The Peach Tree

On a warm April day, I sit across a travel agent trying to convince him that I need to be on the next flight to Adelaide. We have had this argument several times, him telling me that I am too late, it is the holiday season and all flights are booked and me insisting that he could fit me in somewhere. How exactly I want him to do this I do not know but I sit there doggedly hoping to get a ticket. He glances at my passport and his eyes hover at the “Place of birth” field. His face softens a bit as he tells me he is from the same place himself.

“You still have family there?”, he asks as skims through the other pages of my passport. “Not really”, I mumble and by way of conversation add “My grandfather was the Principal of the Local boys’ school”. I have his attention now, he leans over and asks me almost urgently “What year? What was his name?”. When I reply, his face changes. “You are his grand-daughter?”, he asks me, his voice barely a whisper.”Do you know he turned my life around, many years ago? He could have given up on me like everyone else did but he persisted. He believed in me when I had no belief in myself, he taught me some of life’s most dignified lessons ” His voice falters and I see reverence in his eyes. I have heard many such tales about my grandfather but I have always treated them as tales…tales and anecdotes in a time now forgotten. I hardly have any memories of my grandfather and his personality has been something I have created over the years from others’ recollections and incidents. Today however as I see this middle aged man with moist eyes, I realize that some people and their deeds are for all times and that some people will be with you for no matter what, even if you never get to meet them.
Six years later on a typically cold Adelaide winter day, I stand in my garden at dusk. The air is redolent with the scent of gum trees and the grass blades crackle beneath my feet. I can hear the cicadas whirring and sound of a lone car on the nearby main road occasionally disrupting the placid stupor that seems to have settled all around me. I wander around the garden, ruminating, contemplating but mostly trying to blend in with the peaceful ambience.

There is always something to explore, there is always a feast for the senses, a brave rose bud battling winter’s first frost, a sprig of jasmine in full blossom defying nature’s time table, a sagacious bird building her nest in the gnarled branches of the lemon tree, a spider working on his gossamer web across the lattices and a defiant shower of lavender that stands up to the cold gale in resplendent colours. It is then that I notice the peach tree standing in the centre of my garden in its full glory. It has nearly no leaves to speak of, every branch is laden with fruit, glorious fruit with a vivid red-golden hue. Like drawn by an invisible force, I walk upto the tree and reach out to touch its bounty. I pluck a juicy red peach and bite into it…the tart sweetness seems to seep into me and seems to have a soothing effect in that already tranquil environment.
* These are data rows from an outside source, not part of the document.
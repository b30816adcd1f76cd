//! Texts of C and their tokens. What each has to give is read from C11 6.4.
use c_lexer::{LexError, TokenKind, lex};
use c_words::words::{Keyword, Punctuator};
use std::alloc::Global;
use std::test::Fail;

/// A token without the memory that it owns.
#[derive(Clone, Copy, Debug, PartialEq, Eq)]
enum Seen<'a> {
    Name(&'a [u8]),
    Number(u32, bool),
    Character(u8),
    StringLiteral(&'a [u8]),
    Keyword(Keyword),
    Punctuator(Punctuator),
}

fn shown(kind: &TokenKind) -> Seen<'_> {
    match kind {
        TokenKind::Name(name) => Seen::Name(name.as_slice()),
        TokenKind::Number { value, unsigned } => Seen::Number(*value, *unsigned),
        TokenKind::Character(value) => Seen::Character(*value),
        TokenKind::StringLiteral(bytes) => Seen::StringLiteral(bytes.as_slice()),
        TokenKind::Keyword(word) => Seen::Keyword(*word),
        TokenKind::Punctuator(mark) => Seen::Punctuator(*mark),
    }
}

// The last token of a text, its place, and how many tokens there are.
type Row<'a> = (&'a [u8], Seen<'a>, u32, u32, u32, usize);

// Whether the row says what the text's tokens are.
fn is_told(alloc: Global, row: &Row<'_>) -> Result<bool, LexError> {
    let (text, kind, start, len, line, count) = *row;
    if text.len() > 100 {
        return Ok(false);
    }
    let tokens = lex(alloc, text)?;
    match tokens.as_slice().last() {
        None => Ok(count == 0),
        Some(token) => Ok(
            shown(&token.kind) == kind
                && (token.start, token.len, token.line) == (start, len, line)
                && tokens.len() == count,
        ),
    }
}

const LAST: [Row<'static>; 41] = [
    (
        b"int main(void){return 42;}",
        Seen::Punctuator(Punctuator::CloseBrace),
        25,
        1,
        1,
        10,
    ),
    (b"a_1 B2\n _x9", Seen::Name(b"_x9"), 8, 3, 2, 3),
    (b"whiles while", Seen::Keyword(Keyword::While), 7, 5, 1, 2),
    (
        b"_Static_assert",
        Seen::Keyword(Keyword::StaticAssert),
        0,
        14,
        1,
        1,
    ),
    (b"null NULL", Seen::Keyword(Keyword::Null), 5, 4, 1, 2),
    (b"EOF", Seen::Keyword(Keyword::Eof), 0, 3, 1, 1),
    (b"a>>=b", Seen::Name(b"b"), 4, 1, 1, 3),
    (
        b"a>>=",
        Seen::Punctuator(Punctuator::ShiftRightEqual),
        1,
        3,
        1,
        2,
    ),
    (b"x+++y", Seen::Name(b"y"), 4, 1, 1, 4),
    (b"x+++", Seen::Punctuator(Punctuator::Plus), 3, 1, 1, 3),
    (b"p->q", Seen::Name(b"q"), 3, 1, 1, 3),
    (b"p--", Seen::Punctuator(Punctuator::MinusMinus), 1, 2, 1, 2),
    (b"a.5", Seen::Number(5, false), 2, 1, 1, 3),
    (b"/", Seen::Punctuator(Punctuator::Slash), 0, 1, 1, 1),
    (b"/=", Seen::Punctuator(Punctuator::SlashEqual), 0, 2, 1, 1),
    (b"/* a\n * b\n **/ c", Seen::Name(b"c"), 15, 1, 3, 1),
    (b"/*/ */ d", Seen::Name(b"d"), 7, 1, 1, 1),
    (b"// a\ne//", Seen::Name(b"e"), 5, 1, 2, 1),
    (b"#include<stdio.h>f", Seen::Name(b"f"), 17, 1, 1, 1),
    (
        b"# \t include\t<string.h>\n#include <stdlib.h>\ng",
        Seen::Name(b"g"),
        43,
        1,
        3,
        1,
    ),
    (b"a\r\n\x0b\x0cb", Seen::Name(b"b"), 5, 1, 2, 2),
    (b"2147483647", Seen::Number(2147483647, false), 0, 10, 1, 1),
    (b"4294967295u", Seen::Number(4294967295, true), 0, 11, 1, 1),
    (b"5U", Seen::Number(5, true), 0, 2, 1, 1),
    (b"0", Seen::Number(0, false), 0, 1, 1, 1),
    (b"0u", Seen::Number(0, true), 0, 2, 1, 1),
    (
        b"017777777777",
        Seen::Number(2147483647, false),
        0,
        12,
        1,
        1,
    ),
    (b"020000000000", Seen::Number(2147483648, true), 0, 12, 1, 1),
    (b"037777777777", Seen::Number(4294967295, true), 0, 12, 1, 1),
    (b"0x7fffffff", Seen::Number(2147483647, false), 0, 10, 1, 1),
    (b"0X80000000", Seen::Number(2147483648, true), 0, 10, 1, 1),
    (b"0xFFFFffff", Seen::Number(4294967295, true), 0, 10, 1, 1),
    (b"'a'", Seen::Character(97), 0, 3, 1, 1),
    (b"'\"' '\\'' '\\?' '\\0'", Seen::Character(0), 14, 4, 1, 4),
    (b"'\\377'", Seen::Character(255), 0, 6, 1, 1),
    (b"'\\xff'", Seen::Character(255), 0, 6, 1, 1),
    (b"'\\x000fF'", Seen::Character(255), 0, 9, 1, 1),
    (b"\"\"", Seen::StringLiteral(b""), 0, 2, 1, 1),
    (
        b"\"\\n\\t\\r\\a\\b\\f\\v\\\\'\\\"\"",
        Seen::StringLiteral(b"\n\t\r\x07\x08\x0c\x0b\\'\""),
        0,
        21,
        1,
        1,
    ),
    (
        b"\"\\1\\12\\1234\\x4g\"",
        Seen::StringLiteral(b"\x01\nS4\x04g"),
        0,
        16,
        1,
        1,
    ),
    (
        b" /* */ // \n#include <stdio.h>",
        Seen::Number(0, false),
        0,
        0,
        0,
        0,
    ),
];

#[test]
fn tokens(rt: HostRuntime) -> Result<(), Fail> {
    for row in &LAST {
        assert!(rt; is_told(rt.alloc(), row)?, "{}", row.0.len());
    }
    Ok(())
}

// Why a text is refused, if it is.
fn refusal_of(alloc: Global, text: &[u8]) -> Option<LexError> {
    if text.len() > 2_000_000 {
        return None;
    }
    lex(alloc, text).err()
}

const REFUSED: [(&[u8], LexError); 48] = [
    (b"@", LexError::BadByte { line: 1 }),
    (b"a\n/* \n */ $", LexError::BadByte { line: 3 }),
    (b"\x80 1x", LexError::BadByte { line: 1 }),
    (b"a \\", LexError::BadByte { line: 1 }),
    (b"\x00", LexError::BadByte { line: 1 }),
    (b"2147483648", LexError::BadNumber { line: 1 }),
    (b"4294967296u", LexError::BadNumber { line: 1 }),
    (b"040000000000", LexError::BadNumber { line: 1 }),
    (b"0x100000000", LexError::BadNumber { line: 1 }),
    (
        b"99999999999999999999999999u",
        LexError::BadNumber { line: 1 },
    ),
    (b"08", LexError::BadNumber { line: 1 }),
    (b"0x", LexError::BadNumber { line: 1 }),
    (b"0xu", LexError::BadNumber { line: 1 }),
    (b"0xg", LexError::BadNumber { line: 1 }),
    (b"1uu", LexError::BadNumber { line: 1 }),
    (b"1l", LexError::BadNumber { line: 1 }),
    (b"1.5", LexError::BadNumber { line: 1 }),
    (b"0x1e+2", LexError::BadNumber { line: 1 }),
    (b"//\n1_", LexError::BadNumber { line: 2 }),
    (b"'\\400'", LexError::BadEscape { line: 1 }),
    (b"'\\x100'", LexError::BadEscape { line: 1 }),
    (b"\"\\x\"", LexError::BadEscape { line: 1 }),
    (b"\"\\8\"", LexError::BadEscape { line: 1 }),
    (b"\"\\q\n", LexError::BadEscape { line: 1 }),
    (b"\"a\\q", LexError::BadEscape { line: 1 }),
    (b"'ab'", LexError::BadEscape { line: 1 }),
    (b"/*\n\n*/''", LexError::BadEscape { line: 3 }),
    (b"'ab\n'", LexError::Unclosed { line: 1 }),
    (b"'", LexError::Unclosed { line: 1 }),
    (b"\"", LexError::Unclosed { line: 1 }),
    (b"\"ab", LexError::Unclosed { line: 1 }),
    (b"\"ab'", LexError::Unclosed { line: 1 }),
    (b"\"ab\\", LexError::Unclosed { line: 1 }),
    (b"\"ab\\\n\"", LexError::Unclosed { line: 1 }),
    (b"\n \"ab\\\"", LexError::Unclosed { line: 2 }),
    (b"/*", LexError::Unclosed { line: 1 }),
    (b"/*/", LexError::Unclosed { line: 1 }),
    (b"a\n/*\n*", LexError::Unclosed { line: 2 }),
    (b"/**/ /*\n", LexError::Unclosed { line: 1 }),
    (b"#define N 3", LexError::BadDirective { line: 1 }),
    (b"#", LexError::BadDirective { line: 1 }),
    (b"#\ninclude <stdio.h>", LexError::BadDirective { line: 1 }),
    (b"#include \"stdio.h\"", LexError::BadDirective { line: 1 }),
    (b"#include <math.h>", LexError::BadDirective { line: 1 }),
    (b"#include <stdio.h", LexError::BadDirective { line: 1 }),
    (
        b"#include <stdio.h>\n##",
        LexError::BadDirective { line: 2 },
    ),
    (b"#Include <stdio.h>", LexError::BadDirective { line: 1 }),
    (b"/**/\n#includ", LexError::BadDirective { line: 2 }),
];

#[test]
fn refusals(rt: HostRuntime) -> Result<(), Fail> {
    for (text, refusal) in REFUSED {
        assert_eq!(rt; refusal_of(rt.alloc(), text), Some(refusal));
    }
    Ok(())
}

#[test]
fn longest_text(rt: HostRuntime) -> Result<(), Fail> {
    for (len, refusal) in [
        (1_048_576, None),
        (1_048_577, Some(LexError::TooLong { length: 1_048_577 })),
    ] {
        let text = vec![in rt.alloc(); b' '; len]?;
        assert_eq!(rt; refusal_of(rt.alloc(), &text), refusal);
    }
    Ok(())
}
There is something about the moment that seems to be full of deja vu…I have been through this before, this food for the soul exercise that I have just indulged in has crossed my paths earlier somewhere .

It is then that it strikes me, I have no idea who planted this garden and this peach tree. I never will know whose hands nurtured this piece of land and left me this legacy. Someone years ago planted a seed and moved on, someone sprinkled some goodness around many,many winters ago and today in the grand eternal scheme of things, I have been allowed to claim some of those gifts, some of that altruism as my own.

Goodness does not have a shelf life- this much I now know!